▸ Your instructions:
Copy out every line of the records in which "this" can be found.
──────── Data under study
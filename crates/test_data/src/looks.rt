// How tests look at what is answered. No contract says what these return, so that tests carry none
// of what is promised of the calls.
use json_data::{Deserialize, from_str};
use json_text::{ErrorCode, Result, VecSink};
use json_write::{Serialize, to_string, to_string_pretty, to_value, to_vec, to_writer};
use std::alloc::Global;
use std::process::Abort;
use test_fixtures::shows;

/// The code of a refusal and its offset, where one is known.
pub type Refused = Option<(ErrorCode, Option<usize>)>;

/// Whether an answer is that all is right.
pub fn holds(answer: Result<bool>) -> bool {
    matches!(answer, Ok(true))
}

/// A row of a table: a text, and what is expected of it.
pub trait Row {
    /// The text.
    fn text(&self) -> &'static str;

    /// Whether it has the expected result.
    fn holds(&self, alloc: Global) -> bool;
}

fn first_wrong<R: Row>(alloc: Global, rows: &[R]) -> Option<&'static str> {
    for row in rows {
        if !row.holds(alloc) {
            return Some(row.text());
        }
    }
    None
}

/// Fails with the text of the first row that has another result.
pub fn each_holds<R: Row>(rt: &impl Abort, alloc: Global, rows: &[R]) {
    let wrong = first_wrong(alloc, rows);
    assert!(rt; wrong.is_none(), "{wrong:?}");
}

/// What is refused, and at which offset.
pub fn refused_at<T: Drop>(outcome: Result<T>) -> Refused {
    match outcome {
        Ok(_) => None,
        Err(error) => Some((error.code, error.offset())),
    }
}

/// The code of a refusal, none of an answer that is Ok.
pub fn code_of<T: Drop>(outcome: Result<T>) -> Option<ErrorCode> {
    match outcome {
        Ok(_) => None,
        Err(error) => Some(error.code),
    }
}

/// Whether this is refused, at this offset.
pub fn is_refused<T: Drop>(outcome: Result<T>, code: ErrorCode, offset: usize) -> bool {
    match outcome {
        Ok(_) => false,
        Err(error) => error.code == code && error.offset() == Some(offset),
    }
}

/// The value that is read of a text.
pub fn read<'a, T: Deserialize<'a> + Drop>(alloc: Global, text: &'a str) -> Result<T> {
    from_str(alloc, text)
}

fn is_vec<T: Serialize>(alloc: Global, value: &T, text: &str) -> bool {
    match to_vec(alloc, value) {
        Ok(bytes) => bytes.as_slice() == text.as_bytes(),
        Err(_) => false,
    }
}

/// Whether the text is written by `to_vec`, and by `to_writer` into a sink.
pub fn is_written<T: Serialize>(alloc: Global, value: &T, text: &str) -> Result<bool> {
    let mut sink = VecSink::new(alloc);
    to_writer(alloc, &mut sink, value)?;
    Ok(sink.as_slice() == text.as_bytes() && is_vec(alloc, value, text))
}

/// Whether the value that is made prints as this text.
pub fn is_value<T: Serialize>(alloc: Global, value: &T, text: &str) -> Result<bool> {
    shows(alloc, &to_value(alloc, value)?, text)
}

/// Whether `to_string` returns this text.
pub fn is_string<T: Serialize>(alloc: Global, value: &T, text: &str) -> Result<bool> {
    Ok(to_string(alloc, value)?.as_str() == text)
}

/// Whether `to_string_pretty` returns this text.
pub fn is_pretty<T: Serialize>(alloc: Global, value: &T, text: &str) -> Result<bool> {
    Ok(to_string_pretty(alloc, value)?.as_str() == text)
}

/// Whether the value is refused with this code as a value.
pub fn is_no_value<T: Serialize>(alloc: Global, value: &T, code: ErrorCode) -> bool {
    code_of(to_value(alloc, value)) == Some(code)
}

/// Whether the value is refused with this code as a text, in a sink, which then gained nothing, and
/// as a value.
pub fn is_unwritten<T: Serialize>(alloc: Global, value: &T, code: ErrorCode) -> bool {
    let mut sink = VecSink::new(alloc);
    code_of(to_vec(alloc, value)) == Some(code)
        && code_of(to_writer(alloc, &mut sink, value)) == Some(code)
        && sink.as_slice().is_empty()
        && is_no_value(alloc, value, code)
}
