// Structs that are read, refused and written.
use crate::looks::{Row, code_of, each_holds, holds, is_string, read};
use json_text::{ErrorCode, Result};
use std::alloc::Global;
use test_samples::account::{Account, Customer};

// A text of a customer, with the name, the age and how many phones there are.
struct Known {
    json: &'static str,
    name: &'static str,
    age: u8,
    phones: usize,
}

fn is_customer(it: &Customer, row: &Known) -> bool {
    it.name.as_str() == row.name && it.age == row.age && it.phones.len() == row.phones
}

impl Row for Known {
    fn text(&self) -> &'static str {
        self.json
    }

    fn holds(&self, alloc: Global) -> bool {
        match read::<Customer>(alloc, self.json) {
            Ok(it) => is_customer(&it, self),
            Err(_) => false,
        }
    }
}

const CUSTOMERS: &[Known] = &[
    Known {
        json: "{\"name\":\"Ada\",\"age\":36}",
        name: "Ada",
        age: 36,
        phones: 0,
    },
    Known {
        json: "{\"phones\":[\"1\",\"2\"],\"age\":7,\"name\":\"B\"}",
        name: "B",
        age: 7,
        phones: 2,
    },
    Known {
        json: "{\"age\":1,\"age\":2,\"n\":[{}],\"name\":\"C\"}",
        name: "C",
        age: 2,
        phones: 0,
    },
    Known {
        json: "{\"\\u0061ge\":3,\"name\":\"\"}",
        name: "",
        age: 3,
        phones: 0,
    },
];

#[test]
fn members_in_any_order(rt: HostRuntime) {
    each_holds(&rt, rt.alloc(), CUSTOMERS);
}

// A text of no customer, and the code with which it is refused.
struct NoCustomer {
    json: &'static str,
    code: ErrorCode,
}

impl Row for NoCustomer {
    fn text(&self) -> &'static str {
        self.json
    }

    fn holds(&self, alloc: Global) -> bool {
        code_of(read::<Customer>(alloc, self.json)) == Some(self.code)
    }
}

const NO_CUSTOMERS: &[NoCustomer] = &[
    NoCustomer {
        json: "{\"name\":\"Ada\"}",
        code: ErrorCode::TypeUnmatched,
    },
    NoCustomer {
        json: "{\"age\":1}",
        code: ErrorCode::TypeUnmatched,
    },
    NoCustomer {
        json: "[]",
        code: ErrorCode::TypeUnmatched,
    },
    NoCustomer {
        json: "{\"name\":1,\"age\":1}",
        code: ErrorCode::TypeUnmatched,
    },
    NoCustomer {
        json: "{\"name\":\"Ada\",\"age\":256}",
        code: ErrorCode::NumberOutOfRange,
    },
];

#[test]
fn customers_refused(rt: HostRuntime) {
    each_holds(&rt, rt.alloc(), NO_CUSTOMERS);
}

// A text, and the code with which it is refused as an account.
struct Refusable {
    json: &'static str,
    code: Option<ErrorCode>,
}

impl Row for Refusable {
    fn text(&self) -> &'static str {
        self.json
    }

    fn holds(&self, alloc: Global) -> bool {
        code_of(read::<Account>(alloc, self.json)) == self.code
    }
}

const ACCOUNTS: &[Refusable] = &[
    Refusable {
        json: "{\"owner\":{\"name\":\"A\",\"age\":1,\"more\":0}}",
        code: None,
    },
    Refusable {
        json: "{\"owner\":{\"name\":\"A\",\"age\":1},\"balance\":1}",
        code: Some(ErrorCode::TypeUnmatched),
    },
    Refusable {
        json: "{\"owner\":{\"name\":\"A\"}}",
        code: Some(ErrorCode::TypeUnmatched),
    },
];

#[test]
fn accounts_refused(rt: HostRuntime) {
    each_holds(&rt, rt.alloc(), ACCOUNTS);
}

// A text of an account, and what it is written as.
struct Written {
    json: &'static str,
    written: &'static str,
}

fn is_written(alloc: Global, row: &Written) -> Result<bool> {
    is_string(alloc, &read::<Account>(alloc, row.json)?, row.written)
}

impl Row for Written {
    fn text(&self) -> &'static str {
        self.json
    }

    fn holds(&self, alloc: Global) -> bool {
        holds(is_written(alloc, self))
    }
}

const WRITTEN: &[Written] = &[
    Written {
        json: "{\"owner\":{\"age\":1,\"name\":\"A\"}}",
        written: "{\"owner\":{\"name\":\"A\",\"age\":1,\"phones\":[]},\"balance-cents\":0,\"style\":\"plain\",\"active\":true,\"note\":null}",
    },
    Written {
        json: "{\"note\":\"n\",\"active\":false,\"style\":\"\",\"balance-cents\":-5,\"owner\":{\"phones\":[\"1\"],\"age\":0,\"name\":\"A\"}}",
        written: "{\"owner\":{\"name\":\"A\",\"age\":0,\"phones\":[\"1\"]},\"balance-cents\":-5,\"style\":\"\",\"active\":false,\"note\":\"n\"}",
    },
];

#[test]
fn accounts_written(rt: HostRuntime) {
    each_holds(&rt, rt.alloc(), WRITTEN);
}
────────────────
▸ Response area:
/// Whether this is refused, at this offset.
/// Whether the value that is made prints as this text.
/// Whether `to_string` returns this text.
/// Whether `to_string_pretty` returns this text.
/// Whether the value is refused with this code as a value.
/// Whether the value is refused with this code as a text, in a sink, which then gained nothing, and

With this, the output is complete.